You might be surprised at the kinds of foods you shouldn't be offering to your little fella! If you have been including these items in your child’s diet, it’s time to stop or at least control their consumption — even if these are your kid’s favourite — you want to ensure that junior is strong inside to experience more together.
1. Processed meats
These, though convenient, are not nutritious, and are filled with nitrates, a preservative used to prevent bacterial growth, add colour and preserve the meat. Worse, they’re often deep fried in (unhealthy) oil — so unsuitable for junior! These foods may contain a lot of fat and could trigger or increase their chances of contracting chronic illnesses — particularly if you already have a family history of them.
2. Fish with HIGH levels of mercury
It is not advised for young children to consume food with high levels of mercury as they may impact their growth and development. Examples of fish that may contain high levels of mercury are tuna, eel and bonito. However, fish is still an essential for children because of the various amounts of nutrients — including omega-3 fatty acids — that are very beneficial for them. Just make sure to check that the fish has low levels of mercury.
3. Breakfast cereals
Froot Loops, Frosted Flakes and Lucky Charms… you probably grew up eating these familiar sugary cereals for breakfast. If you read the packets, you’ll see that they are packed with sugar and are hardly nutritious. Don’t repeat the same mistake with your child. Other than making his breakfast look interesting and colourful, these cereals do not benefit him. Fret not, there are healthier cereals available, just make sure that sugar (or the many other names for hidden sugar including high fructose corn syrup) isn’t one of the first three items on the ingredient list!
4. Soft and/or sugary drinks
This does not just refer to the typical sodas, but also to drinks like fruit juices and sport drinks that may have high sugar content. Sure, some juice brands offer “pure” fruit juice — but remember that these usually pulp-free juices are from lots of fruit. It takes from two to four oranges to make a measuring cup of juice — so if your child drinks two tall glasses (with maybe a cup and a half of juice in each) that could be 12 oranges! Stop and think before you pour.
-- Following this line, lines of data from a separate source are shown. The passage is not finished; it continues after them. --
// Every refusal of a step, found from the header, the table and the group's block headers.
ghost use Rattle.std.specs.Prelude.{◌≡◌};
ghost use Rattle.format.specs.Walking.{check_walk};

use format::{Refusal, RefusedAt, Samples, in_group, refuse};

// At group g, into so much room.
#[tactic(auto, using(crate::proofs::Ways::walks))]
pub fn check_walk(file: &[u8], g: u32, room: Samples) -> Result<(), RefusedAt>
    ensures { result ≡ check_walk file.now g room.0 }
{
    opening::check_open(file)?;
    let h = header::read_fields(file);
    if h.frames.groups() <= g {
        return Ok(());
    }
    let format = opening::format_of(file, h);
    let a = opening::offset_of(file, h, g);
    let e = opening::offset_of(file, h, g + 1);
    in_group(g, group::check_group(h, format, &file[a..e]))?;
    refuse(
        room.0 < h.frames.active(g).samples(h.channels).0,
        Refusal::OutputTooShort,
    )
}
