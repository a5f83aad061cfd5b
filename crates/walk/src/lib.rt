// The walk over a file, group by group: NcwReader of the Rust. The struct holds the lent bytes and the next group's
// number; `advance` does the work, on bytes and number.
#![tactic(auto)]

mod checking;
mod one_group;

ghost use Rattle.std.specs.Prelude.{◌≡◌};
ghost use Rattle.format.specs.Walking.{groups_passed};
ghost use Rattle.format.specs.Promises.{Advances};

use format::{Answer, Outcome};
pub use one_group::decode_group;

// What a step says, and the next group's number after it.
#[derive(Clone, Copy)]
pub struct Advanced {
    pub answer: Answer,
    pub next: u32,
}

// A refused step doesn't advance.
fn groups_passed(outcome: Outcome) -> u32
    ensures { result ≡ groups_passed outcome }
{
    match outcome {
        Outcome::Read(_) => 1,
        _ => 0,
    }
}

// One group's samples, and where the walk then stands.
#[tactic(auto, using(crate::proofs::Ways::goes))]
fn advance(file: &[u8], next: u32, out: &mut [i32]) -> Advanced
    ensures { let lent = out.old in
        Advances file.now next lent result.answer out.new result.next }
{
    let answer = decode_group(file, next, out);
    let outcome = answer.outcome;
    Advanced {
        answer,
        next: next + groups_passed(outcome),
    }
}

// A file, and the number of the group that the next step reads.
#[derive(Clone, Copy)]
pub struct Walk<'a> {
    pub file: &'a [u8],
    pub next: u32,
}

impl<'a> Walk<'a> {
    // A walk that stands at the first group.
    pub fn new(file: &'a [u8]) -> Walk<'a>
        ensures { (result.file ≡ file.entry) × (result.next ≡ 0) }
    {
        Walk { file, next: 0 }
    }

    // Puts the next group's samples at the front of `out`, and goes on to the group after it. Where the answer is a
    // refusal, or no group is left, the walk stays where it is.
    pub fn step(&mut self, out: &mut [i32]) -> Answer
        ensures { let before = self.old in
            let after = self.new in
            Advances before.file.now before.next out.old result out.new after.next
            × (after.file ≡ before.file) }
    {
        let a = advance(self.file, self.next, out);
        self.next = a.next;
        a.answer
    }
}

// The same step for callers without a walk of their own: the answer, and the number of the group after it.
pub fn step_at(file: &[u8], next: u32, out: &mut [i32]) -> Advanced
    ensures { let lent = out.old in
        Advances file.now next lent result.answer out.new result.next }
{
    let mut walk = Walk { file, next };
    let answer = walk.step(out);
    Advanced {
        answer,
        next: walk.next,
    }
}
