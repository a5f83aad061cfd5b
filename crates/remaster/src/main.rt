// The main job on the file that the first argument names: open, decode, re-encode with the file as template, compare.
#![tactic(auto)]

mod job;
mod text;

ghost use Rattle.std.specs.Prelude.{◌≡◌, replicate};

use std::fs::File;
use std::{env, io};

// The largest file that is taken.
pub const MOST_BYTES: usize = 65536;

// One byte more than is taken: a larger file is known by it.
fn buffer() -> [u8; MOST_BYTES + 1]
    ensures { result ≡ replicate 65537 0 }
{
    [0; MOST_BYTES + 1]
}

fn run(rt: &HostRuntime, mut input: File) -> io::Result<()> {
    let mut file = buffer();
    let n = intake::read_full(&mut input, &mut file)?;
    job::run(rt, &file[..n])
}

fn main(rt: HostRuntime) -> io::Result<()> {
    let Some(path) = env::args(&rt)?.nth(1) else {
        return eprintln!(rt; "usage: remaster FILE");
    };
    match File::open(&rt, &path) {
        Ok(file) => run(&rt, file),
        Err(e) => eprintln!(rt; "{path}: {e}"),
    }
}
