// One group's samples, by number.
ghost use Rattle.std.specs.Prelude.{◌≡◌};
ghost use Rattle.format.specs.Promises.{Steps};

use crate::checking::check_walk;
use format::{Answer, Outcome};
use lent_samples::{Part, Stored};

// Puts one group's samples at the front of what is lent in either container: how many, that no group of that number is
// left, or the refusal. All else that is lent stays as it was.
#[tactic(auto, using(crate::proofs::Ways::steps))]
pub fn decode_group<E: Stored>(file: &[u8], g: u32, lent: &mut [E]) -> Answer
    ensures steps { Steps file.now g (E.samples lent.old) result (E.samples lent.new) }
    ensures keeps { E.rest lent.new ≡ E.rest lent.old }
{
    if let Err(refused) = check_walk(file, g, E::count(lent)) {
        return Answer::refused(refused);
    }
    let h = header::read_fields(file);
    if h.frames.groups() <= g {
        return Answer::of(Outcome::Finished);
    }
    let format = opening::format_of(file, h);
    let a = opening::offset_of(file, h, g);
    let e = opening::offset_of(file, h, g + 1);
    let active = h.frames.active(g);
    let n = active.0 as usize;
    let part = Part {
        first: 0,
        skip: 0,
        count: n,
    };
    group::put_group(lent, &file[a..e], h, format, part);
    Answer::of(Outcome::Read(active.samples(h.channels)))
}
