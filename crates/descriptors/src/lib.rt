// The walk over the descriptor loop of a section: a cursor by value, and a function for each table of the standard but the
// segmentation descriptor's, over the part of the section that the descriptor has.
#![tactic(auto)]

ghost use Rattle.std.specs.Prelude.{◌≡◌, ◌+◌, ◌*◌, ◌≤◌, length};
ghost use Rattle.bits.specs.Bits.{bit, num};
ghost use Rattle.grammar.specs.Meaning.{Env};
ghost use Rattle.grammar.specs.Tables.{dtmf_descriptor, audio_descriptor};
ghost use Rattle.grammar.proofs.Ending.{Ends};
ghost use Rattle.descriptors.specs.Walk.{kind_of, table_of, step_of};

use grammar::Part;
pub use segmentation::is_sub_segmented;
use units::Refusal;

// "CUEI", the identifier of the standard's own descriptors.
const CUEI: u64 = 0x43554549;

// The bytes of the loop that are still to be walked over: from `at` up to `end`.
#[derive(Clone, Copy)]
pub struct Cursor {
    pub at: usize,
    pub end: usize,
}

// Which table a descriptor follows.
#[derive(Clone, Copy, PartialEq, Eq)]
pub enum Kind {
    Avail,
    Dtmf,
    Segmentation,
    Time,
    Audio,
    Unknown,
}

impl Cursor {
    // The descriptor that stands here, and the cursor after it; `None` where nothing is left. Refused where the loop reaches past the
    // bytes, or the descriptor breaks its table.
    pub fn step(self, s: &[u8]) -> Result<Option<(Kind, Cursor)>, Refusal>
        ensures { result ≡ step_of s.now self }
    {
        let Cursor { at, end } = self;
        if end <= at {
            return Ok(None);
        }
        if s.len() < end {
            return Err(Refusal::Descriptor);
        }
        if end - at < 2 {
            return Err(Refusal::Descriptor);
        }
        let descriptor_length = s[at + 1] as usize;
        if end - at - 2 < descriptor_length {
            return Err(Refusal::Descriptor);
        }
        if descriptor_length < 4 {
            return Err(Refusal::Descriptor);
        }
        let next = at + 2 + descriptor_length;
        let kind = kind_at(s, at);
        let n = descriptor(
            Part {
                s,
                at: at + 6,
                end: next,
            },
            kind,
        )
        .ok_or(Refusal::Descriptor)?;
        if n != next {
            return Err(Refusal::Descriptor);
        }
        Ok(Some((kind, Cursor { at: next, end })))
    }
}

// The kind of the descriptor that stands from byte `at` on; unknown where these bytes are too few for an identifier.
pub fn kind_of(s: &[u8], at: usize) -> Kind
    ensures { result ≡ kind_of s.now at }
{
    if s.len() < 6 {
        return Kind::Unknown;
    }
    if s.len() - 6 < at {
        return Kind::Unknown;
    }
    kind_at(s, at)
}

// The same where its identifier is there.
fn kind_at(s: &[u8], at: usize) -> Kind
    requires { at + 6 ≤ length s.now }
    ensures { result ≡ kind_of s.now at }
{
    if identifier(s, at + 2) != CUEI {
        return Kind::Unknown;
    }
    match s[at] {
        0 => Kind::Avail,
        1 => Kind::Dtmf,
        2 => Kind::Segmentation,
        3 => Kind::Time,
        4 => Kind::Audio,
        _ => Kind::Unknown,
    }
}

fn identifier(s: &[u8], at: usize) -> u64
    requires { at + 4 ≤ length s.now }
    ensures { result ≡ num (bit s.now) (8 * at) 32 }
{
    bits::quad(s, at)
}

// A descriptor of that kind, after the identifier.
fn descriptor(part: Part, kind: Kind) -> Option<usize>
    ensures { (env : Env) → Ends (table_of kind) env part.entry result }
{
    match kind {
        // Table 18: provider_avail_id
        Kind::Avail => part.after(4),
        Kind::Dtmf => dtmf_descriptor(part),
        Kind::Segmentation => segmentation::segmentation_descriptor(part.s, part.at, part.end),
        // Table 27: TAI_seconds, TAI_ns and UTC_offset
        Kind::Time => part.after(12),
        Kind::Audio => audio_descriptor(part),
        Kind::Unknown => Some(part.end),
    }
}

// Table 19, after the identifier.
fn dtmf_descriptor(part: Part) -> Option<usize>
    ensures { (env : Env) → Ends dtmf_descriptor env part.entry result }
{
    part.after(2)?;
    let dtmf_count = (part.s[part.at + 1] / 32) as usize;
    part.after(2 + dtmf_count)
}

// Table 28, after the identifier.
fn audio_descriptor(part: Part) -> Option<usize>
    ensures { (env : Env) → Ends audio_descriptor env part.entry result }
{
    part.after(1)?;
    let audio_count = (part.s[part.at] / 16) as usize;
    part.after(1 + 5 * audio_count)
}
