// How large a feed's trips may be, and how long the lent slices are in which a message's trips are worked out.

// The trips of a feed, and the updates of a trip.
pub const MOST_TRIPS: usize = 2048;

pub const MOST_UPDATES: usize = 128;

// The bytes of a key: a slot of `keys` has room for one.
pub const KEY_BYTES: usize = 137;

// The bytes of a feed's id, and of a message.
pub const MOST_FEED: usize = 16;

pub const MOST_MESSAGE: usize = 1048576;

// The slots of the index are one more than a feed may have trips: a key in `keys`, three words in `marks`, one in
// `order`.
pub const KEYS_LENGTH: usize = 280713;

pub const MARKS_LENGTH: usize = 6147;

pub const ORDER_LENGTH: usize = 2049;

// The lines of `updates` are one more than a trip may have, of three words each.
pub const UPDATES_LENGTH: usize = 387;

// A place of the index from here on is one of the old overlay's bytes: a message has none there.
pub const BEYOND: usize = 1048577;

// The bytes of the old overlay, so that a place of it fits 32 bits.
pub const MOST_OLD: usize = 4000000000;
Also, too much sugar can lead to damage to the teeth and increase junior’s risk of developing obesity. Another reason for junior to avoid sugary drinks is, some of these drinks might contain caffeine that has physiological effects on junior’s body. Also the long-term effects of caffeine on human brain development is not well understood. Instead, milk or water should be better.
Read on to find out which “convenience” foods are on the list…
5. French fries
French fries are vegetables, because they are made from potatoes. Right? Yes, but they are usually deep-fried in hydrogenated oil and heavily salted, leaving it with little to no nutritional value and high in fat and sodium — nothing like a good nutritious potato. It will only increase junior’s risk of high blood pressure as well as open other doors to various health problems like heart disease, type-2 diabetes, and stroke.
6. “Kids Meal”
A go-to option for junior, especially if your darling is a fussy eater. But not necessarily the best option. Kid’s meals are usually limited to burgers or chicken nuggets with fries. In other words: Processed meats, French fries and a soda. And you already know the dangers lurking in those items.
7. Microwavable foods
These dishes can be found everywhere and are available in almost any cuisine. Not only are they convenient when you are busy, but it also makes meal times simpler. But read the ingredients: They are high in sodium and unhealthy fat with little nutritional value. We’ve already talked about increasing junior’s risk of high blood pressure and heart disease. On top of that, with the constant exposure to foods high in salt, junior’s taste buds will be altered to want saltier foods, which is the start to unhealthy eating habits.
8. Breakfast pastries
Danishes, Chinese pastries, croissants and cinnamon rolls… As delicious and easy to eat as they sound, breakfast pastries are certainly not what junior should be eating for breakfast. Not only are they laden with sugar and simple starches (that break down into sugar again), they offer not nearly enough nutrition for junior. Plus the high levels of sugar could result in a sugar crash, leaving your little one hungrier and wanting more than necessary. This might lead to obesity and other related health problems.